The project focuses on access to information via systems such as Twitter and FaceBook. Our goal is to improve the efficiency of information access via OSN’s in terms of precision/recall. To that end, we will develop solutions for recommending both content items and potential contacts to users.
Such recommender systems will be constructed from the following primitives:
Reward mechanisms allowing users to give feedback on specific content items;
Inference mechanisms that exploit the former reward mechanisms for characterizing i) types of specific content and ii) tastes and expertise of individual users.
The resulting recommender systems should be light-weight, accurate, and resilient to users’ strategic behaviors.
The expected outcomes of the project are
A deeper understanding of the limits of collective processing and filtering of information in terms of precision / recall trade-offs.

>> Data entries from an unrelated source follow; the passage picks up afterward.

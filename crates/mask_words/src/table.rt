//! The table of commands, and the job that words name by it.

ghost use Rattle.std.specs.Prelude.{◌≡◌, ℕ, ◌+◌, ◌-◌, ◌*◌, ◌<◌, ◌≤◌, List, length, IfOk, IfErr, drop, take};
ghost use Rattle.std.specs.Prelude.{IsTrue, ◌↔◌, is_some};
ghost use Rattle.mask_words.specs.WordTests.{is_order, are_digits, present_size, lea_size, lightmac_size, is_counter, is_lightmac_tag, is_chaskey_tag, is_message_seed, is_count, number_of, circuit_named};
ghost use Rattle.mask_words.specs.Jobs.{tests_of, tail_of, reach, Match, order_of, present_size_of, lea_size_of, lightmac_size_of, iv_of, circuit_of, job_of, IsJob, IsRefused, HasOrder, HasCount, HasWords, HaveOneJob, HaveOnePlace};
ghost use Rattle.mask_words.specs.Naming.{hex_bytes};
ghost use Rattle.mask_words.specs.declared.table.Form.TheVariants as forms;

use crate::command_lines::Words;
use crate::word_tests::Command::{
    Check, Emit, Enc, Eval, Join, Mac, Probe, SelfRun, Split, Upgrade,
};
use crate::word_tests::Test::{
    self, Chaskey, ChaskeyTag, Circuit, Count, Counter, Digits, Given, Hex, Lea, LightMac,
    LightMacTag, Order, Present, Seed, Tape, Trivium,
};
use crate::word_tests::{lea_size, lightmac_size, present_size};
use hex::FromHex;
use mask_tasks::{KeySize, LeaSize, Named, Task, circuit_named};

/// A form that a command line may have: a row of the table of commands.
#[derive(Clone, Copy, Debug, PartialEq, Eq)]
pub enum Form {
    /// `KEYS TAPE enc CIPHER ORDER IV`, where CIPHER is PRESENT with a key size
    EncPresent,
    /// `KEYS TAPE enc CIPHER ORDER IV`, where CIPHER is LEA with a key size
    EncLea,
    /// `KEYS TAPE enc trivium ORDER IV`
    EncTrivium,
    /// `KEYS TAPE mac chaskey-12 ORDER TAG`
    MacChaskey,
    /// `KEYS TAPE mac CODE ORDER COUNTER TAG`, where CODE is LightMAC with a key size
    MacLightMac,
    /// `KEYS TAPE eval ORDER HEX`
    Eval,
    /// `KEYS TAPE check`
    Check,
    /// `KEYS TAPE upgrade`
    Upgrade,
    /// `KEYS TAPE probe ORDER WIRE ..`, with no, one or more WIRE words
    Probe,
    /// `KEYS TAPE split ORDER`
    Split,
    /// `KEYS TAPE join ORDER`
    Join,
    /// `KEYS TAPE emit CIRCUIT`
    Emit,
    /// `KEYS TAPE self SEED COUNT ORDER`
    SelfRun,
}

/// The rows of the table.
pub const FORMS: [Form; 13] = [
    Form::EncPresent,
    Form::EncLea,
    Form::EncTrivium,
    Form::MacChaskey,
    Form::MacLightMac,
    Form::Eval,
    Form::Check,
    Form::Upgrade,
    Form::Probe,
    Form::Split,
    Form::Join,
    Form::Emit,
    Form::SelfRun,
];

/// What the words of a command line ask for.
#[derive(Clone, Copy, Debug, PartialEq, Eq)]
pub enum Job {
    /// Encrypt the input by this task at this order, 1 to 7.
    Enc { task: Task, order: u32 },
    /// Make the tag of the input by this task at this order, 1 to 7.
    Mac { task: Task, order: u32 },
    /// Evaluate a circuit at this order, 1 to 7.
    Eval { order: u32 },
    /// Say whether a circuit is accepted, and whether it is strong.
    Check,
    /// Write a circuit text of either version in version 2.
    Upgrade,
    /// Evaluate a circuit at this order, 1 to 7, with probes on wires: the words from the fifth on.
    Probe { order: u32 },
    /// Share a key at this order, 1 to 7.
    Split { order: u32 },
    /// Put the key together again that was shared at this order, 1 to 7.
    Join { order: u32 },
    /// Write the text of a circuit that is built in.
    Emit { circuit: Named },
    /// Encrypt a message that is made of a seed, at this order, 1 to 7, and report it.
    SelfRun { seed: u64, count: u32, order: u32 },
}

/// The words are no job. No job's words begin with the first `place` words, or more words are wanted than there are.
#[derive(Clone, Copy, Debug, PartialEq, Eq)]
pub struct BadWords {
    /// Counted from 1.
    pub place: u32,
}

impl Form {
    // What the words are tested for, one by one.
    fn tests(self) -> &'static [Test]
        ensures { result.now ≡ tests_of self }
    {
        match self {
            Form::EncPresent => &[Given, Tape, Test::Named(Enc), Present, Order, Digits(16)],
            Form::EncLea => &[Given, Tape, Test::Named(Enc), Lea, Order, Digits(32)],
            Form::EncTrivium => &[Given, Tape, Test::Named(Enc), Trivium, Order, Digits(20)],
            Form::MacChaskey => &[Given, Tape, Test::Named(Mac), Chaskey, Order, ChaskeyTag],
            Form::MacLightMac => &[
                Given,
                Tape,
                Test::Named(Mac),
                LightMac,
                Order,
                Counter,
                LightMacTag,
            ],
            Form::Eval => &[Given, Tape, Test::Named(Eval), Order, Hex],
            Form::Check => &[Given, Tape, Test::Named(Check)],
            Form::Upgrade => &[Given, Tape, Test::Named(Upgrade)],
            Form::Probe => &[Given, Tape, Test::Named(Probe), Order],
            Form::Split => &[Given, Tape, Test::Named(Split), Order],
            Form::Join => &[Given, Tape, Test::Named(Join), Order],
            Form::Emit => &[Given, Tape, Test::Named(Emit), Circuit],
            Form::SelfRun => &[Given, Tape, Test::Named(SelfRun), Seed, Count, Order],
        }
    }

    /// What any further words are tested for, where a form may have them.
    fn tail(self) -> Option<Test>
        ensures { result ≡ tail_of self }
    {
        match self {
            Form::Probe => Some(Test::Wire),
            Form::EncPresent
            | Form::EncLea
            | Form::EncTrivium
            | Form::MacChaskey
            | Form::MacLightMac
            | Form::Eval
            | Form::Check
            | Form::Upgrade
            | Form::Split
            | Form::Join
            | Form::Emit
            | Form::SelfRun => None,
        }
    }
}

/// How many words from the front pass their tests.
fn reach(tests: &[Test], tail: Option<Test>, words: &Words) -> usize
    ensures count { result ≡ reach tests.now tail words.now }
    ensures limit { result ≤ 1000000 }
{
    let mut passed = 0;
    while passed < words.len() {
        let Some(test) = tests.get(passed).copied().or(tail) else {
            break;
        };
        if !test.passes(words.word(passed)) {
            break;
        }
        passed += 1;
    }
    passed
}

/// The job that the words name, or the place at which they are refused. It takes no memory.
pub fn read_words(words: &Words) -> Result<Job, BadWords>
    ensures job { IfOk result (IsJob words.now) }
    ensures refused { IfErr result (λ e. IsRefused words.now e.place) }

    // What a caller may rely on where it reads the words of the job again.
    ensures order { IfOk result HasOrder }
    ensures count { IfOk result HasCount }
    ensures words { IfOk result (HasWords words.now) }
{
    let mut farthest = 0;
    for form in FORMS {
        let passed = reach(form.tests(), form.tail(), words);
        if is_whole(form, words, passed) {
            return Ok(job_of(form, words));
        }
        if passed > farthest {
            farthest = passed;
        }
    }
    Err(BadWords {
        place: farthest as u32 + 1,
    })
}

// All tests are passed, and no word is left.
fn is_whole(form: Form, words: &Words, passed: usize) -> bool
    requires { passed ≡ reach (tests_of form) (tail_of form) words.now }
    ensures { IsTrue result ↔ Match (tests_of form) (tail_of form) words.now }
{
    passed >= form.tests().len() && passed == words.len()
}

fn job_of(form: Form, words: &Words) -> Job
    requires { Match (tests_of form) (tail_of form) words.now }
    ensures { result ≡ job_of form words.now }
{
    match form {
        Form::EncPresent => enc_present(words),
        Form::EncLea => enc_lea(words),
        Form::EncTrivium => enc_trivium(words),
        Form::MacChaskey => mac_chaskey(words),
        Form::MacLightMac => mac_lightmac(words),
        Form::Eval => Job::Eval {
            order: order_of(words.word(3)),
        },
        Form::Check => Job::Check,
        Form::Upgrade => Job::Upgrade,
        Form::Probe => Job::Probe {
            order: order_of(words.word(3)),
        },
        Form::Split => Job::Split {
            order: order_of(words.word(3)),
        },
        Form::Join => Job::Join {
            order: order_of(words.word(3)),
        },
        Form::Emit => Job::Emit {
            circuit: circuit_of(words.word(3)),
        },
        Form::SelfRun => Job::SelfRun {
            seed: seed_of(words.word(3)),
            count: count_of(words.word(4)),
            order: order_of(words.word(5)),
        },
    }
}

fn enc_present(words: &Words) -> Job
    requires { Match (tests_of forms.EncPresent) (tail_of forms.EncPresent) words.now }
    ensures { result ≡ job_of forms.EncPresent words.now }
{
    let size = present_size_of(words.word(3));
    let iv = present_iv_of(words.word(5));
    Job::Enc {
        task: Task::Present { size, iv },
        order: order_of(words.word(4)),
    }
}

fn enc_lea(words: &Words) -> Job
    requires { Match (tests_of forms.EncLea) (tail_of forms.EncLea) words.now }
    ensures { result ≡ job_of forms.EncLea words.now }
{
    let size = lea_size_of(words.word(3));
    let iv = lea_iv_of(words.word(5));
    Job::Enc {
        task: Task::Lea { size, iv },
        order: order_of(words.word(4)),
    }
}

fn enc_trivium(words: &Words) -> Job
    requires { Match (tests_of forms.EncTrivium) (tail_of forms.EncTrivium) words.now }
    ensures { result ≡ job_of forms.EncTrivium words.now }
{
    let iv = trivium_iv_of(words.word(5));
    Job::Enc {
        task: Task::Trivium { iv },
        order: order_of(words.word(4)),
    }
}

fn mac_chaskey(words: &Words) -> Job
    requires { Match (tests_of forms.MacChaskey) (tail_of forms.MacChaskey) words.now }
    ensures { result ≡ job_of forms.MacChaskey words.now }
{
    let tag = chaskey_tag_of(words.word(5));
    Job::Mac {
        task: Task::Chaskey { tag },
        order: order_of(words.word(4)),
    }
}

fn mac_lightmac(words: &Words) -> Job
    requires { Match (tests_of forms.MacLightMac) (tail_of forms.MacLightMac) words.now }
    ensures { result ≡ job_of forms.MacLightMac words.now }
{
    let size = lightmac_size_of(words.word(3));
    let counter = counter_of(words.word(5));
    let tag = lightmac_tag_of(words.word(6));
    Job::Mac {
        task: Task::LightMac { size, counter, tag },
        order: order_of(words.word(4)),
    }
}

fn order_of(word: &str) -> u32
    requires { IsTrue (is_order word.now) }
    ensures { result ≡ order_of word.now }
{
    u32::from(word.as_bytes()[0] - b'0')
}

fn present_size_of(word: &str) -> KeySize
    requires { IsTrue (is_some (present_size word.now)) }
    ensures { result ≡ present_size_of word.now }
{
    present_size(word).unwrap()
}

fn present_iv_of(word: &str) -> u64
    requires { IsTrue (are_digits 16 word.now) }
    ensures { result ≡ iv_of word.now }
{
    u64::from_str_radix(word, 16).unwrap()
}

fn lea_size_of(word: &str) -> LeaSize
    requires { IsTrue (is_some (lea_size word.now)) }
    ensures { result ≡ lea_size_of word.now }
{
    lea_size(word).unwrap()
}

fn lea_iv_of(word: &str) -> u128
    requires { IsTrue (are_digits 32 word.now) }
    ensures { result ≡ iv_of word.now }
{
    u128::from_str_radix(word, 16).unwrap()
}

fn trivium_iv_of(word: &str) -> [u8; 10]
    requires { IsTrue (are_digits 20 word.now) }
    ensures { result ≡ hex_bytes word.now }
{
    <[u8; 10] as FromHex>::from_hex(word).unwrap()
}

fn lightmac_size_of(word: &str) -> KeySize
    requires { IsTrue (is_some (lightmac_size word.now)) }
    ensures { result ≡ lightmac_size_of word.now }
{
    lightmac_size(word).unwrap()
}

fn counter_of(word: &str) -> u32
    requires { IsTrue (is_counter word.now) }
    ensures { result ≡ number_of word.now }
{
    match word {
        "1" => 1,
        "2" => 2,
        _ => 4,
    }
}

fn lightmac_tag_of(word: &str) -> u32
    requires { IsTrue (is_lightmac_tag word.now) }
    ensures { result ≡ number_of word.now }
{
    if word == "4" { 4 } else { 8 }
}

fn chaskey_tag_of(word: &str) -> u32
    requires { IsTrue (is_chaskey_tag word.now) }
    ensures { result ≡ number_of word.now }
{
    if word == "8" { 8 } else { 16 }
}

fn circuit_of(word: &str) -> Named
    requires { IsTrue (is_some (circuit_named word.now)) }
    ensures { result ≡ circuit_of word.now }
{
    circuit_named(word).unwrap()
}

fn seed_of(word: &str) -> u64
    requires { IsTrue (is_message_seed word.now) }
    ensures { result ≡ number_of word.now }
{
    word.parse::<u64>().unwrap()
}

fn count_of(word: &str) -> u32
    requires { IsTrue (is_count word.now) }
    ensures { result ≡ number_of word.now }
{
    word.parse::<u32>().unwrap()
}

/// Words are one job at most, and are refused at one place at most. Those of a job aren't refused.
pub fn words_have_one_answer()
    ensures job { HaveOneJob }
    ensures place { HaveOnePlace }
{}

Optimized schemes for identification of implicit communities of like-minded users and contact recommendation for helping users “rewire” the information network for better performance. In particular robust versions of spectral embedding and message-passing algorithms à la Belief Propagation will be elaborated in this respect. Limitations / relative merits of candidate schemes, their robustness to noise in the input data, will be investigated. Distributed mechanisms for evaluating users’ expertise on particular topics. Such “expertise” evaluation can be multi-dimensional.
Active learning strategies for quick categorization of content types. In particular we will design rules for adaptively selecting users from whom to obtain feedback on content, aiming to achieve accurate content categorization based on the smallest possible number of user solicitations.
Protection against selfishness of participating users: proposed reward mechanisms should induce desirable content editing and filtering by the users when they are selfishly trying to maximize their overall rewards. . We will also aim to protect the system against the attack whereby groups of users conspire and distribute among themselves rewards similar to FaceBook’s “likes” thus artificially boosting their individual expertise. A particular scheme that we will consider is an instance of the so-called “marginal utility” reward mechanism whereby a user is rewarded by the utility to others that would have been lost if this particular user had not actively participated to the system.
Validation on available datasets and experimental deployment of some of the proposed mechanisms.